Where: -U FILE: The unicharset generated by unicharset_extractor. -D dir: Directory to write output files to. -F font_properties_file: (Input) font properties file, where each line is of the following form, where each field other than the font name is 0 or 1:'font_name' 'italic' 'bold' 'fixed_pitch' 'serif' 'fraktur' -X xheights_file: (Input) x heights file, each line is of the following form, where xheight is calculated as the pixel x height of a character drawn at 32pt on 300 dpi. [ That is, if base x height + ascenders + descenders = 133, how much is x height? ] 'font_name' 'xheight' -O FILE: The output unicharset that will be given to combine_tessdata(1).

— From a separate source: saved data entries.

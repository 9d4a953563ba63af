ghost use Rattle.std.specs.Prelude.{◌≡◌, Some, None, if◌then◌else◌, IfOk};
ghost use Rattle.std.specs.Option.{option_copied};
ghost use Rattle.lil_report.specs.Told.{Said};
ghost use Rattle.lil_check_value.specs.Looks.{look as look_of};
ghost use Rattle.lil_check_stmt.specs.Counting as spec;

use lil_base::{Boxed, FaultKind, Items, Memory, Place, beside};
use lil_check_value::{Looked, boxed_expression, look};
use lil_declared::{Mode, RVar};
use lil_forms::{named_at, seen, typed};
use lil_kinds::{Found, assignable, compatible, is_constant, is_ordinal, misses};
use lil_language::{Expr, ForHead};
use lil_report::Report;
use lil_resolved::{RExpr, RNamed, RStmt, RVariable};
use lil_scope::{Env, Kind, Thing, Variable};
use lil_shapes::kind_at;
use lil_types::{TypeId, TypeTable};
use std::alloc::Global;

/// The variable of a FOR, where it has code, and its type.
#[derive(Clone, Copy)]
pub(crate) struct Counter {
    pub(crate) variable: Option<RVariable>,
    pub(crate) sort: TypeId,
}

/// The variable of a FOR, its first value and its last.
#[derive(Drop)]
pub(crate) struct Bounds {
    pub(crate) variable: RVariable,
    pub(crate) from: RExpr,
    pub(crate) to: RExpr,
}

/// What stands between FOR and DO: the variable with its first value and its last, where all have code, and the step.
#[derive(Drop)]
pub(crate) struct Count {
    pub(crate) bounds: Option<Bounds>,
    pub(crate) by: i32,
}

/// A variable with which a FOR counts, where it is seen.
#[tactic(auto, unfolding(crate::specs::Counting::counted_variable))]
fn counted_variable(t: &TypeTable, named: RNamed, of: Option<&RVar>) -> Option<RVariable>
    ensures { result ≡ spec.counted_variable t.now named (option_copied of.entry) }
{
    match of {
        None => None,
        Some(variable) => match kind_at(t, variable.sort) {
            None => None,
            Some(kind) => Some(RVariable { named, kind }),
        },
    }
}

/// What a FOR counts, and from where to where.
fn bounds_of(variable: Option<RVariable>, from: Option<RExpr>, to: Option<RExpr>) -> Option<Bounds>
    ensures { result ≡ spec.bounds_of variable from to }
{
    match variable.zip(from.zip(to)) {
        None => None,
        Some((variable, (from, to))) => Some(Bounds { variable, from, to }),
    }
}

/// A step: an INTEGER that isn't zero.
fn integer_step(value: i32) -> Option<i16>
    ensures { result ≡ (if spec.is_step value then Some value else None) }
{
    if value != 0 && (!(value < -32768) && !(32767 < value)) {
        Some(value as i16)
    } else {
        None
    }
}

/// A FOR by a step.
fn counted_with(of: Option<Bounds>, by: i32, body: Option<Items<RStmt>>) -> Option<RStmt>
    ensures { result ≡ spec.counted_with of by body }
{
    let Some(Bounds { variable, from, to }) = of else {
        drop(body);
        return None;
    };
    let Some(body) = body else {
        drop((from, to));
        return None;
    };
    match integer_step(by) {
        None => {
            drop((from, to, body));
            None
        }
        Some(by) => Some(RStmt::For(variable, from, to, by, body)),
    }
}

fn is_nothing(of: Looked) -> bool
    ensures { result ≡ spec.is_nothing of }
{
    match of {
        Looked::Nothing => true,
        _ => false,
    }
}

fn is_other_thing(of: Thing) -> bool
    ensures { result ≡ spec.is_other_thing of }
{
    match of {
        Thing::Variable(_) => false,
        Thing::ExternalVariable(_) => false,
        Thing::Broken => false,
        _ => true,
    }
}

/// Whether a name stands for something that is no variable.
fn is_other(of: Looked) -> bool
    ensures { result ≡ spec.is_other of }
{
    match of {
        Looked::Thing(thing) => is_other_thing(thing),
        _ => false,
    }
}

fn is_plain(mode: Mode) -> bool
    ensures { result ≡ spec.is_plain mode }
{
    match mode {
        Mode::Plain => true,
        _ => false,
    }
}

fn is_unfit_thing(t: &TypeTable, of: Thing) -> bool
    ensures { result ≡ spec.is_unfit_thing t.now of }
{
    match of {
        Thing::Variable(variable) => {
            !is_plain(variable.mode) || !is_ordinal(t, Kind::Of(variable.sort))
        }
        Thing::ExternalVariable(_) => true,
        _ => false,
    }
}

/// Whether a FOR can't count with what is found.
fn is_unfit(t: &TypeTable, of: Looked) -> bool
    ensures { result ≡ spec.is_unfit t.now of }
{
    match of {
        Looked::Nothing => false,
        Looked::Field(_, _, _) => true,
        Looked::Thing(thing) => is_unfit_thing(t, thing),
    }
}

fn counting_with(env: &Env, of: Variable) -> Option<RVariable>
    ensures { result ≡ spec.counting_with env.now of }
{
    match named_at(env, of) {
        None => None,
        Some(named) => counted_variable(&env.types, named, seen(env, named)),
    }
}

fn counter_of(env: &Env, of: Looked) -> Option<Counter>
    ensures { result ≡ spec.counter_of env.now of }
{
    match of {
        Looked::Thing(Thing::Variable(variable)) => Some(Counter {
            variable: counting_with(env, variable),
            sort: variable.sort,
        }),
        _ => None,
    }
}

/// The variable that counts, by what its name means.
#[tactic(auto, unfolding(crate::specs::Counting::counter_node, lil_report::specs::Told::tell))]
fn counting_variable(env: &Env, report: &mut Report, at: Place, of: Looked) -> Option<Counter>
    ensures { Said (spec.counter_node env.now at of) report.old result report.new }
{
    let unknown = is_nothing(of);
    let other = is_other(of);
    let unfit = is_unfit(&env.types, of);
    report.note(unknown, at, FaultKind::Unknown);
    report.note(other, at, FaultKind::WrongKind);
    report.note(unfit, at, FaultKind::ForVariable);
    if unknown || other || unfit {
        return None;
    }
    counter_of(env, of)
}

/// The first value, at `:=`.
#[tactic(auto, unfolding(crate::specs::Counting::start_node, lil_report::specs::Told::tell))]
fn start(
    t: &TypeTable,
    report: &mut Report,
    becomes: Place,
    counter: Option<Counter>,
    value: Option<Found>,
) -> Option<RExpr>
    ensures { Said (spec.start_node t.now becomes counter value) report.old result report.new }
{
    match counter {
        Some(counter) => match value {
            Some(value) => {
                let unlike = !assignable(t, counter.sort, value.kind);
                let outside = misses(t, counter.sort, value.kind);
                report.note(unlike, becomes, FaultKind::Assign);
                report.note(outside, value.first, FaultKind::ConstRange);
                typed(t, counter.sort, value)
            }
            None => None,
        },
        None => {
            drop(value);
            None
        }
    }
}

/// The last value.
#[tactic(auto, unfolding(crate::specs::Counting::limit_node, lil_report::specs::Told::tell))]
fn limit(
    t: &TypeTable,
    report: &mut Report,
    counter: Option<Counter>,
    value: Option<Found>,
) -> Option<RExpr>
    ensures { Said (spec.limit_node t.now counter value) report.old result report.new }
{
    match counter {
        Some(counter) => match value {
            Some(value) => {
                let unlike = !compatible(t, Kind::Of(counter.sort), value.kind);
                report.note(unlike, value.first, FaultKind::Assign);
                typed(t, counter.sort, value)
            }
            None => None,
        },
        None => {
            drop(value);
            None
        }
    }
}

fn step_of(kind: Kind) -> Option<i32>
    ensures { result ≡ spec.step_of kind }
{
    match kind {
        Kind::Whole(value) => Some(value),
        _ => None,
    }
}

/// Whether a constant is no whole number.
fn is_other_constant(kind: Kind) -> bool
    ensures { result ≡ spec.is_other_constant kind }
{
    match kind {
        Kind::Whole(_) => false,
        _ => is_constant(kind),
    }
}

/// Whether a whole number is no step.
fn is_no_step(kind: Kind) -> bool
    ensures { result ≡ spec.is_no_step kind }
{
    match kind {
        Kind::Whole(value) => (!(value < 0) && !(0 < value)) || (value < -32768 || 32767 < value),
        _ => false,
    }
}

/// What stands behind BY.
#[tactic(auto, unfolding(crate::specs::Counting::step_node, lil_report::specs::Told::tell))]
fn step(report: &mut Report, of: &Option<Found>) -> Option<i32>
    ensures { Said (spec.step_node of.now) report.old result report.new }
{
    match of {
        Some(of) => {
            let open = !is_constant(of.kind);
            let other = is_other_constant(of.kind);
            let outside = is_no_step(of.kind);
            report.note(open, of.first, FaultKind::NotConst);
            report.note(other, of.first, FaultKind::Operands);
            report.note(outside, of.first, FaultKind::ConstRange);
            step_of(of.kind)
        }
        None => None,
    }
}

#[tactic(auto, unfolding(lil_report::specs::Told::tell))]
fn step_by(
    alloc: Global,
    env: &Env,
    report: &mut Report,
    by: &Option<Boxed<Expr>>,
) -> Result<Option<i32>, Memory>
    ensures { IfOk result (λ o. Said (spec.step_means env.now by.now) report.old o report.new) }
{
    match by {
        None => Ok(Some(1)),
        Some(x) => {
            let found = boxed_expression(alloc, env, report, x)?;
            let by = step(report, &found);
            drop(found);
            Ok(by)
        }
    }
}

fn count_of(
    counter: Option<Counter>,
    from: Option<RExpr>,
    to: Option<RExpr>,
    by: Option<i32>,
) -> Option<Count>
    ensures { result ≡ spec.count_of counter from to by }
{
    match (counter, by) {
        (Some(counter), Some(by)) => Some(Count {
            bounds: bounds_of(counter.variable, from, to),
            by,
        }),
        _ => {
            drop((from, to));
            None
        }
    }
}

/// What stands between FOR and DO.
pub(crate) fn counting(
    alloc: Global,
    env: &Env,
    report: &mut Report,
    head: &ForHead,
) -> Result<Option<Count>, Memory>
    ensures { IfOk result (λ o. Said (spec.count_means env.now head.now) report.old o report.new) }
{
    let looked = look(env, &head.variable.name);
    let counter = counting_variable(env, report, head.variable.place, looked);
    let from = boxed_expression(alloc, env, report, &head.from)?;
    let from = start(&env.types, report, head.becomes, counter, from);
    let (from, to) = beside(from, boxed_expression(alloc, env, report, &head.to))?;
    let to = limit(&env.types, report, counter, to);
    let ((from, to), by) = beside((from, to), step_by(alloc, env, report, &head.by))?;
    Ok(count_of(counter, from, to, by))
}

/// A FOR, of its head and its statements.
pub(crate) fn counted(count: Option<Count>, body: Option<Items<RStmt>>) -> Option<RStmt>
    ensures { result ≡ spec.counted count body }
{
    match count {
        Some(count) => counted_with(count.bounds, count.by, body),
        None => {
            drop(body);
            None
        }
    }
}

So our command will be as follows:
shapeclustering -F tir.font_properties -U unicharset tir.Abyssinica_SIL.exp1.tr
ii. Run 'mftraining' - feature training for Tesseract. mftraining takes a list of .tr files, from which it generates the files inttemp (the shape prototypes), shapetable, and pffmtable (the number of expected features for each character). (A fourth file called Microfeat is also written by this program, but it is not used.) The synopsis is as follows:
mftraining -U unicharset -O lang.unicharset FILE...
Where: -U FILE: The unicharset generated by unicharset_extractor. -F font_properties_file: (Input) font properties file, where each line is of the following form, where each field other than the font name is 0 or 1:'font_name' 'italic' 'bold' 'fixed_pitch' 'serif' 'fraktur' -X xheights_file: (Input) x heights file, each line is of the following form, where xheight is calculated as the pixel x height of a character drawn at 32pt on 300 dpi. [ That is, if base x height + ascenders + descenders = 133, how much is x height? ] 'font_name' 'xheight' -D dir: Directory to write output files to. -O FILE: The output unicharset that will be given to combine_tessdata(1).
So our command will be as follows:
mftraining -F tir.font_properties -U unicharset -O tir.unicharset tir.Abyssinica_SIL.exp1.tr
This command creates the following files: pffmtable, inttemp and tir.unicharset
iii. Run 'cntraining' - character normalization training for Tesseract. 'cntraining' takes a list of .tr files, from which it generates the normproto data file (the character normalization sensitivity prototypes). The synopsis is as follows:
cntraining [-D dir] FILE...
Where dir is an optional which is directory to write output files to.
cntraining tir.Abyssinica_SIL.exp1.tr
This command creates normproto file.
iv. Rename files Now rename all files created by mftrainig and cntraining (add the prefix tir)
mv inttemp tir.inttemp
mv normproto tir.normproto
mv pffmtable tir.pffmtable
mv shapetable tir.shapetable
v. Create tir.traineddata file Finally combine tessdata using the following command
combine_tessdata tir
This command creates the tir.traineddata file.